NEW YORK, Dec 26 (Reuters) - General Motors Corp (GM.N) has filed a lawsuit against a bankrupt auto-parts supplier, saying it is holding necessary equipment “hostage” which could potentially interrupt the launch of its new Chevrolet Camaro car.
In a lawsuit filed on Wednesday in U.S. Bankruptcy Court in Delaware, General Motors asked the court to allow it access to facilities of the supplier, Cadence Innovation, so it could obtain necessary tooling and parts for its plants.
Cadence, which makes door trim, instrument panels and air bag covers, filed for bankruptcy protection in August, but this month abandoned plans to sell itself and is now liquidating, according to court papers.

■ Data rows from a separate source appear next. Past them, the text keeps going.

ghost use Rattle.std.specs.Prelude.{◌≡◌, ◌++◌, ◌∷◌, [], ◌≤◌, ◌^◌, length, string_bytes, IfOk, OnOk, codes, Err, Some};
ghost use Rattle.std.specs.Fmt as fmt;
ghost use Rattle.dp_count.specs.Faults.{Rose};
ghost use Rattle.dp_io.specs.Sink.{appended, AddsFront};
ghost use Rattle.dp_num.specs.Fractions.{fraction_of};
ghost use Rattle.dp_pipeline.specs.Accepted.{ratio_of, root_place};
ghost use Rattle.dp_pipeline.specs.StageForms.{stage_word, noise_word, SpecValue};
ghost use Rattle.dp_law.specs.Mechanism.{Mechanism};
ghost use Rattle.dp_pipeline.specs.Printing.{size_text, domain_text, metric_text, place_line, loss_line, lines_at, noise_lines, part_lines, numbered_lines, plain_lines, all_lines, lines_of, plan_line, plans_lines, mids_text, budget_line, siblings_word, siblings_lines, check_lines, check_text};

use crate::content::Siblings;
use crate::faults::PrintFault;
use crate::lines::Lines;
use crate::pipeline::Pipeline;
use crate::place::Place;
use crate::plan::Plan;
use crate::root::RootSpec;
use crate::spec::Spec;
use dp_chain::{AnyMeasurement, Noise, Part, Release, ReleaseSpec, Stage};
use dp_count::NoMemory;
use dp_domain::{Domain, Metric, Text};
use dp_io::Sink;
use dp_law::{MakeFault, Measurement};
use dp_num::Ratio;
use std::alloc::Global;

/// Writes the stages of a pipeline: a line each for the root, its budget, siblings in version 2, each plan, its stages
/// and its noises, and a last line.
///
/// `WriteFault` comes only where the sink's count of faults rose; a front of the text is written then. `NoMemory`
/// writes nothing.
#[tactic(auto, unfolding(crate::specs::Printing::check_text))]
pub fn print_stages<K: Sink>(
    alloc: Global,
    pipeline: &Pipeline,
    out: &mut K,
) -> Result<(), PrintFault>
    ensures written { OnOk result (K.held out.new ≡ appended (K.held out.old) (check_text pipeline.now)) }
    ensures front { result ≡ Err PrintFault.WriteFault
        → AddsFront (K.held out.old) (K.held out.new) (check_text pipeline.now) }
    ensures rose { result ≡ Err PrintFault.WriteFault → Rose (K.faults out.old) (K.faults out.new) }
    ensures nothing { result ≡ Err PrintFault.NoMemory → out.new ≡ out.old }
    ensures kept { OnOk result (K.faults out.new ≡ K.faults out.old) }
    ensures later { K.faults out.old ≤ K.faults out.new }
{
    let Ok(lines) = check_lines(alloc, pipeline) else {
        return Err(PrintFault::NoMemory);
    };
    match lines.write(out) {
        Ok(()) => Ok(()),
        Err(_) => Err(PrintFault::WriteFault),
    }
}

/// All lines of a pipeline.
fn check_lines(alloc: Global, pipeline: &Pipeline) -> Result<Lines, NoMemory>
    ensures { IfOk result (λ lines. lines ≡ check_lines pipeline.now) }
{
    let at = pipeline.place();
    let mut lines = Lines::new(alloc);
    lines.push(place_line(alloc, "root", &at)?)?;
    lines.push(budget_line(alloc, pipeline.root())?)?;
    push_siblings(alloc, &mut lines, pipeline.siblings())?;
    push_plans(
        alloc,
        &mut lines,
        pipeline.ratio(),
        &at,
        pipeline.plans().as_slice(),
    )?;
    lines.push(format!(in alloc; "accepted\n")?)?;
    Ok(lines)
}

/// A word, a domain, a metric and a distance.
fn place_line(alloc: Global, word: &str, at: &Place) -> Result<String, NoMemory>
    ensures { IfOk result (λ line. string_bytes line ≡ place_line word.now at.now) }
{
    let domain = domain_text(alloc, &at.domain())?;
    let metric = metric_text(alloc, &at.metric())?;
    let distance = at.distance();
    Ok(format!(in alloc; "{word} {domain} {metric} {distance}\n")?)
}

/// The word and the numbers of a domain.
#[tactic(auto, unfolding(crate::specs::Printing::domain_text))]
fn domain_text(alloc: Global, domain: &Domain) -> Result<String, NoMemory>
    ensures { IfOk result (λ text. string_bytes text ≡ domain_text domain.now) }
{
    match domain {
        Domain::Rows { columns } => Ok(format!(in alloc; "rows {columns}")?),
        Domain::Texts => Ok(format!(in alloc; "texts")?),
        Domain::OptInts { lo, hi } => Ok(format!(in alloc; "optints {lo} {hi}")?),
        Domain::Ints { lo, hi, size } => {
            let size = size_text(alloc, size)?;
            Ok(format!(in alloc; "ints {lo} {hi}{size}")?)
        }
        Domain::Cats { n, size } => {
            let size = size_text(alloc, size)?;
            Ok(format!(in alloc; "cats {n}{size}")?)
        }
        Domain::Int { lo, hi } => Ok(format!(in alloc; "int {lo} {hi}")?),
        Domain::Cat { n } => Ok(format!(in alloc; "cat {n}")?),
        Domain::IntVec { len, lo, hi } => Ok(format!(in alloc; "intvec {len} {lo} {hi}")?),
    }
}

/// The size of a list, where it has one.
fn size_text(alloc: Global, size: &Option<u32>) -> Result<String, NoMemory>
    ensures { IfOk result (λ text. string_bytes text ≡ size_text size.now) }
{
    match size {
        None => Ok(String::new(alloc)),
        Some(size) => Ok(format!(in alloc; " size {size}")?),
    }
}

/// The word of a metric.
#[tactic(auto, unfolding(crate::specs::Printing::metric_text))]
fn metric_text(alloc: Global, metric: &Metric) -> Result<String, NoMemory>
    ensures { IfOk result (λ text. string_bytes text ≡ metric_text metric.now) }
{
    Ok(match metric {
        Metric::Symmetric => format!(in alloc; "symmetric")?,
        Metric::Users(column) => format!(in alloc; "users {column}")?,
        Metric::ChangeOne => format!(in alloc; "change-one")?,
        Metric::Absolute => format!(in alloc; "absolute")?,
        Metric::Discrete => format!(in alloc; "discrete")?,
        Metric::L1 => format!(in alloc; "l1")?,
    })
}

/// A word, a number of draws and a loss.
fn loss_line(alloc: Global, word: &str, draws: u64, loss: u64) -> Result<String, NoMemory>
    ensures { IfOk result (λ line. string_bytes line ≡ loss_line word.now draws loss) }
{
    Ok(format!(in alloc; "{word} draws {draws} loss {loss}\n")?)
}

/// The budget of the root.
fn budget_line(alloc: Global, root: &RootSpec) -> Result<String, NoMemory>
    ensures { IfOk result (λ line. string_bytes line ≡ budget_line root.now) }
{
    match root {
        RootSpec::Compositor(mids) => compositor_line(alloc, mids.as_slice()),
        RootSpec::Filter(limit) => Ok(format!(in alloc; "budget filter {limit}\n")?),
        RootSpec::Odometer => Ok(format!(in alloc; "budget odometer\n")?),
    }
}

/// What version 2 says of siblings.
fn push_siblings(
    alloc: Global,
    lines: &mut Lines,
    siblings: Option<Siblings>,
) -> Result<(), NoMemory>
    ensures { OnOk result (lines.new ≡ lines.old ++ siblings_lines siblings) }
{
    let Some(siblings) = siblings else {
        return Ok(());
    };
    let word = siblings_word(siblings);
    lines.push(format!(in alloc; "siblings {word}\n")?)
}

/// The word of what is said of siblings.
fn siblings_word(siblings: Siblings) -> &'static str
    ensures { result.now ≡ siblings_word siblings }
{
    match siblings {
        Siblings::Open => "open",
        Siblings::Frozen => "frozen",
    }
}

/// All plans.
#[tactic(auto, unfolding(crate::specs::Printing::plans_lines))]
fn push_plans(
    alloc: Global,
    lines: &mut Lines,
    ratio: Ratio,
    at: &Place,
    plans: &[Plan],
) -> Result<(), NoMemory>
    ensures { OnOk result (lines.new ≡ lines.old ++ plans_lines (fraction_of ratio) at.now plans.now) }
{
    for plan in plans {
        push_plan(alloc, lines, ratio, at, plan)?;
    }
    Ok(())
}

/// A plan: its name, and then its parts.
fn push_plan(
    alloc: Global,
    lines: &mut Lines,
    ratio: Ratio,
    at: &Place,
    plan: &Plan,
) -> Result<(), NoMemory>
    ensures { OnOk result (lines.new ≡ lines.old ++ (plan_line plan.now.name
        ∷ lines_of (fraction_of ratio) plan.now.spec.parts at.now plan.now.spec.is_all)) }
{
    lines.push_bytes(plan_line(alloc, &plan.name)?)?;
    push_spec(alloc, lines, ratio, at, &plan.spec)
}

/// The name of a plan.
fn plan_line(alloc: Global, name: &Text) -> Result<Vec<u8>, NoMemory>
    ensures { IfOk result (λ line. line.items ≡ plan_line name.now) }
{
    let mut line = Vec::from_slice(alloc, b"plan ")?;
    line.extend_from_slice(name.as_slice())?;
    line.push(b'\n')?;
    Ok(line)
}

/// The parts of a release, and where it was written as an `all` also all together.
fn push_spec(
    alloc: Global,
    lines: &mut Lines,
    ratio: Ratio,
    at: &Place,
    spec: &Spec,
) -> Result<(), NoMemory>
    ensures { OnOk result (lines.new
        ≡ lines.old ++ lines_of (fraction_of ratio) spec.now.parts at.now spec.now.is_all) }
{
    if !spec.is_all() {
        return push_parts(alloc, lines, ratio, at, spec.parts().as_slice());
    }
    push_numbered(alloc, lines, ratio, at, spec.parts().as_slice())?;
    push_all(alloc, lines, ratio, at, spec.parts())
}

/// The parts of a release in order.
#[tactic(auto, unfolding(crate::specs::Printing::plain_lines))]
fn push_parts(
    alloc: Global,
    lines: &mut Lines,
    ratio: Ratio,
    at: &Place,
    parts: &[Part],
) -> Result<(), NoMemory>
    ensures { OnOk result (lines.new ≡ lines.old ++ plain_lines (fraction_of ratio) parts.now at.now) }
{
    for part in parts {
        push_part(alloc, lines, ratio, *at, part)?;
    }
    Ok(())
}

/// The parts of an `all` in order, each after its number.
#[tactic(auto, unfolding(crate::specs::Printing::numbered_lines))]
fn push_numbered(
    alloc: Global,
    lines: &mut Lines,
    ratio: Ratio,
    at: &Place,
    parts: &[Part],
) -> Result<(), NoMemory>
    requires { length parts.now ≤ 16 }
    ensures { OnOk result (lines.new ≡ lines.old ++ numbered_lines (fraction_of ratio) 1 parts.now at.now) }
{
    let mut number: u64 = 1;
    for part in parts {
        lines.push(format!(in alloc; "part {number}\n")?)?;
        push_part(alloc, lines, ratio, *at, part)?;
        number += 1;
    }
    Ok(())
}

/// All parts of a release together, if they are made and have a loss.
#[tactic(auto, unfolding(crate::specs::Printing::all_lines))]
fn push_all(
    alloc: Global,
    lines: &mut Lines,
    ratio: Ratio,
    at: &Place,
    parts: &ReleaseSpec,
) -> Result<(), NoMemory>
    requires some { 1 ≤ length parts.now }
    requires few { length parts.now ≤ 16 }
    ensures { OnOk result (lines.new ≡ lines.old ++ all_lines (fraction_of ratio) parts.now at.now) }
{
    match Release::make(alloc, at.domain(), at.metric(), ratio, parts) {
        Ok(release) => push_measured(alloc, lines, "all", at.distance(), &release),
        Err(MakeFault::NoMemory) => Err(NoMemory),
        Err(_) => Ok(()),
    }
}

/// A measurement, if it has a loss at the distance.
fn push_measured<M: Measurement>(
    alloc: Global,
    lines: &mut Lines,
    word: &str,
    distance: u64,
    measurement: &M,
) -> Result<(), NoMemory>
    requires { distance ≤ 2 ^ 32 }
    ensures { let m = M.mechanism measurement.now in
        OnOk result (lines.new ≡ lines.old ++ lines_at word.now (length m.shape) (m.privacy_map distance)) }
{
    let Ok(loss) = measurement.loss(distance) else {
        return Ok(());
    };
    lines.push(loss_line(alloc, word, measurement.draws(), loss)?)
}

/// The stages of a part, each on what the one before gives, and then its noise.
#[tactic(auto, unfolding(crate::specs::Printing::part_lines))]
fn push_part(
    alloc: Global,
    lines: &mut Lines,
    ratio: Ratio,
    from: Place,
    part: &Part,
) -> Result<(), NoMemory>
    ensures { OnOk result (lines.new
        ≡ lines.old ++ part_lines (fraction_of ratio) part.now.noise part.now.stages from) }
{
    let mut at = from;
    for stage in part.stages.as_slice() {
        let Some(next) = at.after(alloc, stage)? else {
            return Ok(());
        };
        lines.push(place_line(alloc, stage_word(stage), &next)?)?;
        at = next;
    }
    push_noise(alloc, lines, ratio, &at, &part.noise)
}

/// The noise of a part, if it is made and has a loss.
#[tactic(auto, unfolding(crate::specs::Printing::noise_lines))]
fn push_noise(
    alloc: Global,
    lines: &mut Lines,
    ratio: Ratio,
    at: &Place,
    noise: &Noise,
) -> Result<(), NoMemory>
    ensures { OnOk result (lines.new ≡ lines.old ++ noise_lines (fraction_of ratio) noise.now at.now) }
{
    match AnyMeasurement::make(alloc, at.domain(), at.metric(), ratio, noise) {
        Ok(made) => push_measured(alloc, lines, noise_word(noise), at.distance(), &made),
        Err(MakeFault::NoMemory) => Err(NoMemory),
        Err(_) => Ok(()),
    }
}

/// The word of a stage.
#[tactic(auto, unfolding(crate::specs::StageForms::stage_word))]
fn stage_word(stage: &Stage) -> &'static str
    ensures { result.now ≡ stage_word stage.now }
{
    match stage {
        Stage::Filter { .. } => "filter",
        Stage::Select { .. } => "select",
        Stage::Cast => "cast",
        Stage::Categories { .. } => "categories",
        Stage::Impute { .. } => "impute",
        Stage::DropNone => "dropnone",
        Stage::Clamp { .. } => "clamp",
        Stage::Bins { .. } => "bins",
        Stage::Resize { .. } => "resize",
        Stage::Count => "count",
        Stage::Sum => "sum",
        Stage::Histogram => "histogram",
        Stage::Quantise { .. } => "quantise",
        Stage::AtLeast { .. } => "atleast",
        Stage::Truncate { .. } => "truncate",
    }
}

/// The word of a noise.
#[tactic(auto, unfolding(crate::specs::StageForms::noise_word))]
fn noise_word(noise: &Noise) -> &'static str
    ensures { result.now ≡ noise_word noise.now }
{
    match noise {
        Noise::Geometric { .. } => "geometric",
        Noise::Response { .. } => "response",
        Noise::Choice { .. } => "choice",
    }
}

/// The mids of a compositor.
fn compositor_line(alloc: Global, mids: &[u64]) -> Result<String, NoMemory>
    ensures { IfOk result (λ line. string_bytes line ≡ codes "budget compositor" ++ mids_text mids.now) }
{
    let mut line = String::from_str(alloc, "budget compositor")?;
    push_mids(alloc, &mut line, mids)?;
    Ok(line)
}

/// Each mid after a space, and then a line feed.
#[tactic(auto, unfolding(crate::specs::Printing::mids_text))]
fn push_mids(alloc: Global, line: &mut String, mids: &[u64]) -> Result<(), NoMemory>
    ensures { OnOk result (string_bytes line.new ≡ string_bytes line.old ++ mids_text mids.now) }
{
    for mid in mids {
        let next = format!(in alloc; " {mid}")?;
        line.push_str(next.as_str())?;
    }
    line.push_str("\n")?;
    Ok(())
}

GM said it needed immediate access to the tooling, because it does not have enough parts on hand, and its vehicle assembly operations could be interrupted.
“Even one day’s disruption in supply of certain Component Parts could cause a shutdown of GM assembly operations, disrupting not only GM’s business, but the operations of countless suppliers, dealers, customers, and other stakeholders,” GM said in the complaint.
GM said that such a shut down could cost millions of dollars per plant per day and it would need to have a successor supplier in place by Jan. 12 for the launch of the new Chevrolet Camaro.
GM said it had an accommodation agreement with Cadence that requires the auto-parts supplier to continue to manufacture the parts and provide tooling and equipment.